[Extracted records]
● ● ●

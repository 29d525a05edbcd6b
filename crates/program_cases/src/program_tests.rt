// What no contract says: that a class of the first form is read where memory suffices.
use class_tree::ClassTree;
use classfile_reader::read_class;
use first_form::{
    FormFault, Program, each_class_is_named, one_name, one_program, read_name, read_program,
    tree_program,
};
use std::alloc::{AllocError, Global};
use std::test::Fail;
use test_rows::tell_wrong;

// `main` puts 40 + 2.
const PUTS_42: [u8; 160] = [
    202, 254, 186, 190, 0, 0, 0, 52, 0, 12, 1, 0, 4, 77, 97, 105, 110, 7, 0, 1, 1, 0, 16, 106, 97,
    118, 97, 47, 108, 97, 110, 103, 47, 79, 98, 106, 101, 99, 116, 7, 0, 3, 1, 0, 4, 109, 97, 105,
    110, 1, 0, 22, 40, 91, 76, 106, 97, 118, 97, 47, 108, 97, 110, 103, 47, 83, 116, 114, 105, 110,
    103, 59, 41, 86, 1, 0, 4, 67, 111, 100, 101, 1, 0, 3, 112, 117, 116, 1, 0, 4, 40, 73, 41, 86,
    12, 0, 8, 0, 9, 10, 0, 2, 0, 10, 0, 33, 0, 2, 0, 4, 0, 0, 0, 0, 0, 2, 0, 9, 0, 5, 0, 6, 0, 1,
    0, 7, 0, 0, 0, 20, 0, 2, 0, 1, 0, 0, 0, 8, 16, 40, 5, 96, 184, 0, 11, 177, 0, 0, 0, 0, 1, 9, 0,
    8, 0, 9, 0, 0, 0, 0,
];

// A class up to the attribute of `main`: entry 1 of its pool is a Utf8, 2 a Class, 10 a NameAndType, 11 the Methodref of
// `put`, and 12 to 14 are the Integers 0x80000000, 0x7fffffff and 0x01020304.
const FRONT: [u8; 141] = [
    202, 254, 186, 190, 0, 0, 0, 52, 0, 15, 1, 0, 4, 77, 97, 105, 110, 7, 0, 1, 1, 0, 16, 106, 97,
    118, 97, 47, 108, 97, 110, 103, 47, 79, 98, 106, 101, 99, 116, 7, 0, 3, 1, 0, 4, 109, 97, 105,
    110, 1, 0, 22, 40, 91, 76, 106, 97, 118, 97, 47, 108, 97, 110, 103, 47, 83, 116, 114, 105, 110,
    103, 59, 41, 86, 1, 0, 4, 67, 111, 100, 101, 1, 0, 3, 112, 117, 116, 1, 0, 4, 40, 73, 41, 86,
    12, 0, 8, 0, 9, 10, 0, 2, 0, 10, 3, 128, 0, 0, 0, 3, 127, 255, 255, 255, 3, 1, 2, 3, 4, 0, 33,
    0, 2, 0, 4, 0, 0, 0, 0, 0, 2, 0, 9, 0, 5, 0, 6, 0, 1, 0, 7,
];

// What stands behind the code of `main`.
const BACK: [u8; 14] = [0, 0, 0, 0, 1, 9, 0, 8, 0, 9, 0, 0, 0, 0];

// Calls and what they answer, the instructions by the standard's 6.5. `code` has the max_stack, the max_locals and the bytes
// of `main`, `change` two places in the class that puts 42 and the bytes that stand between them here, and `opcodes` those
// of the form, of which it says how many they are, and each other one that isn't refused. Behind `refused` stands why.
static ROWS: &str = "sum = [Push(40), Push(2), Add, Put, Return]
sizes of the sum = 2 1
cut sum = refused
tree = 5 refused refused 
name = Main
cut name = refused
far entry = [Push(249), Return]
opcodes 00 02 03 04 05 06 07 08 10 11 12 13 15 1a 1b 1c 1d 36 3b 3c 3d 3e 57 59 60 64 68 74 78 7a 7c 7e 80 82 84 91 92 93 b1 b8 = 40
code 0 1: b1 = [Return]
code 0 1: 00 b1 = [Nop, Return]
code 1 1: 02 b1 = [Push(-1), Return]
code 1 1: 03 b1 = [Push(0), Return]
code 1 1: 04 b1 = [Push(1), Return]
code 1 1: 05 b1 = [Push(2), Return]
code 1 1: 06 b1 = [Push(3), Return]
code 1 1: 07 b1 = [Push(4), Return]
code 1 1: 08 b1 = [Push(5), Return]
code 1 1: 10 7f b1 = [Push(127), Return]
code 1 1: 10 80 b1 = [Push(-128), Return]
code 1 1: 10 ff b1 = [Push(-1), Return]
code 1 1: 11 7f ff b1 = [Push(32767), Return]
code 1 1: 11 80 00 b1 = [Push(-32768), Return]
code 1 1: 11 00 80 b1 = [Push(128), Return]
code 1 1: 11 ff 7f b1 = [Push(-129), Return]
code 1 1: 12 0c b1 = [Push(-2147483648), Return]
code 1 1: 13 00 0c b1 = [Push(-2147483648), Return]
code 1 1: 12 0d b1 = [Push(2147483647), Return]
code 1 1: 13 00 0d b1 = [Push(2147483647), Return]
code 1 1: 12 0e b1 = [Push(16909060), Return]
code 1 1: 13 00 0e b1 = [Push(16909060), Return]
code 1 256: 03 36 ff 15 ff b1 = [Push(0), Store(255), Load(255), Return]
code 1 1: 03 3b 1a b1 = [Push(0), Store(0), Load(0), Return]
code 1 2: 03 3c 1b b1 = [Push(0), Store(1), Load(1), Return]
code 1 3: 03 3d 1c b1 = [Push(0), Store(2), Load(2), Return]
code 1 4: 03 3e 1d b1 = [Push(0), Store(3), Load(3), Return]
code 1 1: 03 57 b1 = [Push(0), Pop, Return]
code 2 1: 03 59 b1 = [Push(0), Dup, Return]
code 2 1: 03 04 60 b1 = [Push(0), Push(1), Add, Return]
code 2 1: 03 04 64 b1 = [Push(0), Push(1), Subtract, Return]
code 2 1: 03 04 68 b1 = [Push(0), Push(1), Multiply, Return]
code 2 1: 03 04 78 b1 = [Push(0), Push(1), ShiftLeft, Return]
code 2 1: 03 04 7a b1 = [Push(0), Push(1), ShiftRight, Return]
code 2 1: 03 04 7c b1 = [Push(0), Push(1), LogicalShiftRight, Return]
code 2 1: 03 04 7e b1 = [Push(0), Push(1), And, Return]
code 2 1: 03 04 80 b1 = [Push(0), Push(1), Or, Return]
code 2 1: 03 04 82 b1 = [Push(0), Push(1), Xor, Return]
code 1 1: 03 74 b1 = [Push(0), Negate, Return]
code 1 1: 03 91 b1 = [Push(0), ToByte, Return]
code 1 1: 03 92 b1 = [Push(0), ToChar, Return]
code 1 1: 03 93 b1 = [Push(0), ToShort, Return]
code 1 1: 03 3b 84 00 80 b1 = [Push(0), Store(0), Increment(0, -128), Return]
code 1 1: 03 3b 84 00 7f b1 = [Push(0), Store(0), Increment(0, 127), Return]
code 1 1: 03 3b 84 00 ff b1 = [Push(0), Store(0), Increment(0, -1), Return]
code 1 255: 03 36 fe 84 fe 01 b1 = [Push(0), Store(254), Increment(254, 1), Return]
code 1 1: 03 b8 00 0b b1 = [Push(0), Put, Return]
code 2 2: 04 3b 05 3c 1a 1b 60 b1 = [Push(1), Store(0), Push(2), Store(1), Load(0), Load(1), Add, Return]
code 1 1: 1a b1 = refused, a load before any store
code 1 2: 03 3b 1b b1 = refused, a load of another local than was stored
code 1 1: 15 01 b1 = refused, a load at max_locals
code 1 1: 03 3b 15 01 b1 = refused, a load at max_locals after a store below
code 1 1: 15 00 03 3b b1 = refused, a load of a local that is stored later
code 0 1: 84 00 01 b1 = refused, an iinc before any store
code 1 1: 84 00 01 03 3b b1 = refused, an iinc of a local that is stored later
code 1 1: 03 3b 84 01 00 b1 = refused, an iinc at max_locals
code 1 1: 03 3c b1 = refused, a store at max_locals by istore_1
code 1 4: 03 36 04 b1 = refused, a store at max_locals
code 1 255: 03 36 ff b1 = refused, a store at the greatest index and max_locals
code 1 1: 3b b1 = refused, a store of nothing
code 0 1: b1 b1 = refused, a return before the end
code 0 1: b1 00 = refused, an instruction behind the return
code 0 1: 00 = refused, no return
code 0 1:  = refused, no code
code 0 1: 03 b1 = refused, a constant without room
code 1 1: 03 3b 03 1a b1 = refused, a load without room
code 1 1: 03 59 b1 = refused, a dup without room
code 2 1: 59 b1 = refused, a dup of nothing
code 1 1: 57 b1 = refused, a pop of nothing
code 2 1: 03 60 b1 = refused, Add of one number
code 2 1: 03 64 b1 = refused, Subtract of one number
code 2 1: 03 68 b1 = refused, Multiply of one number
code 2 1: 03 78 b1 = refused, ShiftLeft of one number
code 2 1: 03 7a b1 = refused, ShiftRight of one number
code 2 1: 03 7c b1 = refused, LogicalShiftRight of one number
code 2 1: 03 7e b1 = refused, And of one number
code 2 1: 03 80 b1 = refused, Or of one number
code 2 1: 03 82 b1 = refused, Xor of one number
code 1 1: 74 b1 = refused, Negate of nothing
code 1 1: 91 b1 = refused, ToByte of nothing
code 1 1: 92 b1 = refused, ToChar of nothing
code 1 1: 93 b1 = refused, ToShort of nothing
code 1 1: b8 00 0b b1 = refused, a put of nothing
code 1 1: 12 00 b1 = refused, ldc of entry 0
code 1 1: 13 00 00 b1 = refused, ldc_w of entry 0
code 1 1: 12 01 b1 = refused, ldc of a Utf8
code 1 1: 13 00 01 b1 = refused, ldc_w of a Utf8
code 1 1: 12 02 b1 = refused, ldc of a Class
code 1 1: 13 00 02 b1 = refused, ldc_w of a Class
code 1 1: 12 0a b1 = refused, ldc of a NameAndType
code 1 1: 13 00 0a b1 = refused, ldc_w of a NameAndType
code 1 1: 12 0b b1 = refused, ldc of a Methodref
code 1 1: 13 00 0b b1 = refused, ldc_w of a Methodref
code 1 1: 12 0f b1 = refused, ldc past the end of the pool
code 1 1: 13 00 0f b1 = refused, ldc_w past the end of the pool
code 1 1: 13 0c 00 b1 = refused, ldc_w whose index has its low byte first
code 1 1: 10 = refused, bipush cut at the end
code 1 1: 11 00 = refused, sipush cut at the end
code 1 1: 12 = refused, ldc cut at the end
code 1 1: 13 00 = refused, ldc_w cut at the end
code 1 1: 15 = refused, iload cut at the end
code 1 1: 03 36 = refused, istore cut at the end
code 1 1: 03 3b 84 00 = refused, iinc cut at the end
code 1 1: 03 b8 00 = refused, invokestatic cut at the end
code 4 4: 03 04 6c b1 = refused, idiv
code 4 4: 03 04 70 b1 = refused, irem
code 4 4: 03 04 5f b1 = refused, swap
code 4 4: 03 04 5a b1 = refused, dup_x1
code 4 4: 03 04 5c b1 = refused, dup2
code 4 4: 03 04 58 b1 = refused, pop2
code 4 4: 03 04 61 b1 = refused, ladd
code 4 4: 03 04 65 b1 = refused, lsub
code 4 4: 03 04 69 b1 = refused, lmul
code 4 4: 03 04 79 b1 = refused, lshl
code 4 4: 03 04 7b b1 = refused, lshr
code 4 4: 03 04 7d b1 = refused, lushr
code 4 4: 03 04 7f b1 = refused, land
code 4 4: 03 04 81 b1 = refused, lor
code 4 4: 03 04 83 b1 = refused, lxor
code 4 4: 03 04 85 b1 = refused, i2l
code 4 4: 03 04 90 b1 = refused, d2f
code 4 4: 03 04 94 b1 = refused, lcmp
code 4 4: 03 04 75 b1 = refused, lneg
code 4 4: 03 04 ac b1 = refused, ireturn
code 4 4: 03 04 b0 b1 = refused, areturn
code 4 4: 03 04 ca b1 = refused, breakpoint
code 4 4: 03 04 ff b1 = refused, impdep2
code 4 4: 01 b1 = refused, aconst_null
code 4 4: 09 b1 = refused, lconst_0
code 4 4: 1e b1 = refused, lload_0
code 4 4: 2a b1 = refused, aload_0
code 4 4: 3f b1 = refused, lstore_0
code 4 4: 4b b1 = refused, astore_0
code 2 2: 03 3b c4 15 00 00 b1 = refused, wide
code 1 1: a7 00 03 b1 = refused, goto
code 2 1: 03 99 00 03 b1 = refused, ifeq
code 2 1: 14 00 0c b1 = refused, ldc2_w
code 2 1: b2 00 0b b1 = refused, getstatic
code 2 1: 03 b7 00 0b b1 = refused, invokespecial
change 7 8: 32 = refused, version 50
change 7 8: 33 = refused, version 51
change 13 15: c3 a9 = [Push(40), Push(2), Add, Put, Return]
change 81 87: 01 00 04 70 75 74 73 = refused, a native method of another name
change 91 92: 4a = refused, a native method of a long
change 99 100: 0b = refused, an InterfaceMethodref
change 105 106: 31 = refused, a final class
change 108 110: 00 02 = refused, a superclass that isn't java/lang/Object
change 110 112: 00 01 00 04 = refused, an interface
change 116 118: 00 19 = refused, a main that is final
change 118 120: 00 08 = refused, no main
change 129 148: 1c 00 02 00 01 00 00 00 08 10 28 05 60 b8 00 0b b1 00 01 00 00 00 01 00 00 00 00 = refused, a handler
change 151 152: 19 = refused, a put that is final";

● ● ●

■ WHAT YOU NEED TO DO:
Only one stretch of the records above is wanted: the lines between the one holding "code 1 1: 12 02 b1 = refused, ldc of a Class" and the one holding "code 1 1: 13 00 0b", inclusive, reproduced exactly.

■ OUTPUT OF THE TASK:
code 1 1: 12 02 b1 = refused, ldc of a Class
code 1 1: 13 00 02 b1 = refused, ldc_w of a Class
code 1 1: 12 0a b1 = refused, ldc of a NameAndType
code 1 1: 13 00 0a b1 = refused, ldc_w of a NameAndType
code 1 1: 12 0b b1 = refused, ldc of a Methodref
code 1 1: 13 00 0b b1 = refused, ldc_w of a Methodref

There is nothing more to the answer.